A Salute to Teachers: Remembering one’s journey from war’s collateral damage to realizing a life-long dream

My oldest granddaughter is already preparing her classroom for her first job as a teacher. She will be teaching first grade in a rural school district when the semester begins later this month and, as you might guess, our entire family shares her excitement as she begins her career in her chosen field.

Elsewhere in the country, a teacher whose name you may not remember also is preparing for the first day of school. She is 38, and after serving in the U.S. Army, she is now a veteran teacher. Her name is Jessica Lynch.

If her name isn’t familiar, let’s time travel to July 22, 2003, when Lynch, a U.S. Army private and a prisoner-of-war, was rescued from an Iraqi hospital. Her rescue became a cause celebre for the nation.

The story of this 19-yearold supply clerk from a small town in West Virginia, captured by Iraqi forces in March 2003, dominated headlines and nightly news broadcasts across the nation for weeks … until it was learned several critical details of her capture and rescue had been exaggerated by the Army and/or the White House.

Lynch, on her first deployment to Iraq, was part of the 507th Ordnance Maintenance Company from Fort Bliss, Texas.

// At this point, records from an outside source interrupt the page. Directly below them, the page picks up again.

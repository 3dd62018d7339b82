// The keys by which a turn chooses: those of groups, and those of what may wait or not. Entries go by tags, which are keys themselves.
ghost use Rattle.choices.specs.Keys.{LeastWaiting, waits};
ghost use Rattle.std.specs.Ordering.{is_lt};
ghost use Rattle.std.specs.Prelude.{◌≡◌};

use search::least;

// A group that waits: its turn count, and its number, which decides between equal counts.
#[derive(Clone, Copy, Debug, PartialEq, Eq, PartialOrd, Ord)]
pub struct GroupKey {
    pub(crate) count: u16,
    pub(crate) group: u8,
}

// What may wait or not. No Option, since None comes before every Some: the least of a row is to be one that waits.
#[derive(Clone, Copy, Debug, PartialEq, Eq, PartialOrd, Ord)]
pub enum Candidate<K> {
    // It waits, with this key.
    Waits(K),
    // It does not wait, and ranks above all that does.
    Absent,
}

impl<K> Candidate<K> {
    // Whether it waits.
    fn waits(&self) -> bool
        ensures { result ≡ waits self.now }
    {
        matches!(self, Candidate::Waits(_))
    }
}

// The place of the least key of what waits, the first among equals; none where nothing waits.
pub(crate) fn least_waiting<K: Ord>(keys: &[Candidate<K>]) -> Option<usize>
    ensures { LeastWaiting (λ a b. is_lt (K.cmp a b)) keys.now result }
{
    let place = least(keys)?;
    if keys[place].waits() {
        Some(place)
    } else {
        None
    }
}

On March 23, 2003, just days after the U.S. invaded Iraq, Lynch was part of a supply convoy that took a wrong turn and was ambushed by Iraqi forces near Nasiriyah. Eleven American soldiers died and four others, besides Lynch, were captured.

This young soldier from rural West Virginia sustained multiple broken bones and other injuries that occurred when her vehicle crashed during the ambush. She was taken to an Iraqi hospital. On April 1, U.S. Special Forces raided the hospital and rescued Lynch. They also recovered the bodies of eight of her fellow soldiers. Lynch was flown to the military hospital in Ramstein, Germany, for treatment and then referred to Walter Reed Hospital in the U.S., for several weeks and multiple surgeries on her crushed lower limbs.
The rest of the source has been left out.